A Los Angeles Superior Court judge dismissed the case, saying it had not been filed in time, and the plaintiffs appealed.
With another parcel tax on the June 4 ballot, anti-tax campaigners argued that if this year’s measure won and the lawsuit also prevailed, property owners would be taxed doubly. School district officials say that is not the case.
Last year’s tax proposal and this year’s are similar: Commercial and residential plots of land would be assessed between $250 and $750 a year for five years.
“There was no way there’d be a double taxation,” said Ara Prigian, executive director of the California Teachers Assn’s Westside branch, accusing tax opponents of making the issue a “political football.”

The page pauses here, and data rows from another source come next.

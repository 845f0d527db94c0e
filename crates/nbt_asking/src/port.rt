//! The port of a server that asks, and what is done between two of its turns.

ghost use Rattle.std.specs.Prelude.{◌≡◌, ◌≤◌, ◌↔◌, max, Some, IfNone, IfSome, IsTrue, true, false, List, ℕ};
ghost use Rattle.nbt_name.specs.declared.addr.Kind.TheVariants.{Unique};
ghost use Rattle.nbt_packet.specs.Message.{registered};
ghost use Rattle.nbt_packet.specs.Text.{text};
ghost use Rattle.nbt_server.specs.Serving.{active_error};
ghost use Rattle.nbt_server.specs.declared.outcome.Outcome.TheVariants.{Released};
ghost use Rattle.nbt_confirm.specs.Deciding.{IsHeldBack};
ghost use Rattle.nbt_confirm.specs.declared.request.Request.{Request as Waiting};
ghost use Rattle.nbt_confirm.specs.Waiting.{waits_most};
ghost use Rattle.nbt_waits.specs.Lapsing.{Follows, Wakes};
ghost use Rattle.nbt_waits.specs.Looking.{aside};
ghost use Rattle.nbt_waits.specs.Settling.{Serves, ServesSilence, holds_back};
ghost use Rattle.nbt_asking.specs.Attending.{Attends, Begins, BeginsNone, DoesAll, DoesSo, GivesUp, IsActive, LooksAside, LooksAtClaim, LooksAtOutcome, LooksAtResponse, LooksAtTurn, Refuses, ReleasesNone, Repeats, exactly, most, tallied};
ghost use Rattle.nbt_asking.specs.Desk.{new_desk};
ghost use Rattle.nbt_asking.specs.Inner.Doing.{IsIdle, IsLetBe, One};
ghost use Rattle.nbt_asking.specs.Steps.{AsMany, NoneIsLeft};

use crate::desk::Desk;
use crate::flags::TellsFlags;
use crate::ids::Ids;
use crate::notes::Notes;
use crate::sending::{leave, send_back, send_query};
use arrayvec::ArrayVec;
use nbt_confirm::{Came, Machine, Silence, WAITS_MOST, held_back};
use nbt_lease::{Moment, Table};
use nbt_log::Entry;
use nbt_name::Kind;
use nbt_packet::flags::is_request;
use nbt_packet::{Message, Registration, write};
use nbt_port::{Cause, Device, OwnReplies, Port, Route};
use nbt_server::{Claim, Outcome, Refusal, Server};
use nbt_waits::{Asking, Reply, Settled, claim_in};
use std::io::Write;
use std::marker::Model;

/// How many things of a kind are done between two turns at most (our profile).
const MOST: usize = 16;

/// RCODE ACT_ERR: another has the name (RFC 1002 section 4.2.6).
const ACTIVE: u8 = 6;

/// The port of a server that asks, over another one. Between two turns it has to be called by [`AskingPort::attend`].
#[derive(Drop)]
pub struct AskingPort<P, I> {
    /// The port beneath.
    pub beneath: P,
    /// What such a server has beside it.
    pub desk: Desk,
    /// What came of requests.
    pub notes: Notes,
    ids: I,
    out: ArrayVec<u8, 576>,
}

impl<P, I> Model for AskingPort<P, I> {
    ghost use Rattle.nbt_asking.specs.Port.{AskingPortValue};

    ghost Value = { AskingPortValue P I };

    ghost view = { λ p. record { port = p.beneath; ids = p.ids; desk = p.desk; tally = p.notes } };
}

impl<P, I> AskingPort<P, I> {
    /// A port over this one, with a source of ids, and the notes of what comes.
    pub fn new(beneath: P, ids: I, asking: Asking, notes: Notes) -> AskingPort<P, I>
        ensures { result ≡ record { port = beneath; ids = ids; desk = new_desk asking; tally = notes } }
    {
        AskingPort {
            beneath,
            desk: Desk::new(asking),
            notes,
            ids,
            out: ArrayVec::new(),
        }
    }

    /// What was done is noted, and counted.
    fn note(&mut self, settled: Settled)
        ensures { self.new ≡ record self.old { tally = tallied settled.note self.old.tally } }
    {
        if let Some(note) = settled.note {
            self.notes.put(note);
        }
    }
}
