//! Whole numbers in command-line arguments: one to twenty decimal digits, within two bounds.
//!
//! ```text
//! 007 between 1 and 64    7
//! 65, +7, 0x7, (empty)    none
//! ```
#![tactic(auto)]

mod number;

pub use number::read_number;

Prigian said withdrawing the legal appeal “makes it clean and simple. . . . We want to make sure we don’t cloud the issue and jeopardize the election.”
But anti-tax leader Sherman Kulick hailed the move as a coup for his side. “They didn’t do us (Beverly Hills residents) any favor. They just backed down because we put the pressure on them. They realize what we said was true.”
Kulick argued that the school board would have tried to collect both taxes. And if the June measure lost, he said, the board wanted the court case to fall back on. “They want to have their cake and eat it too,” he said.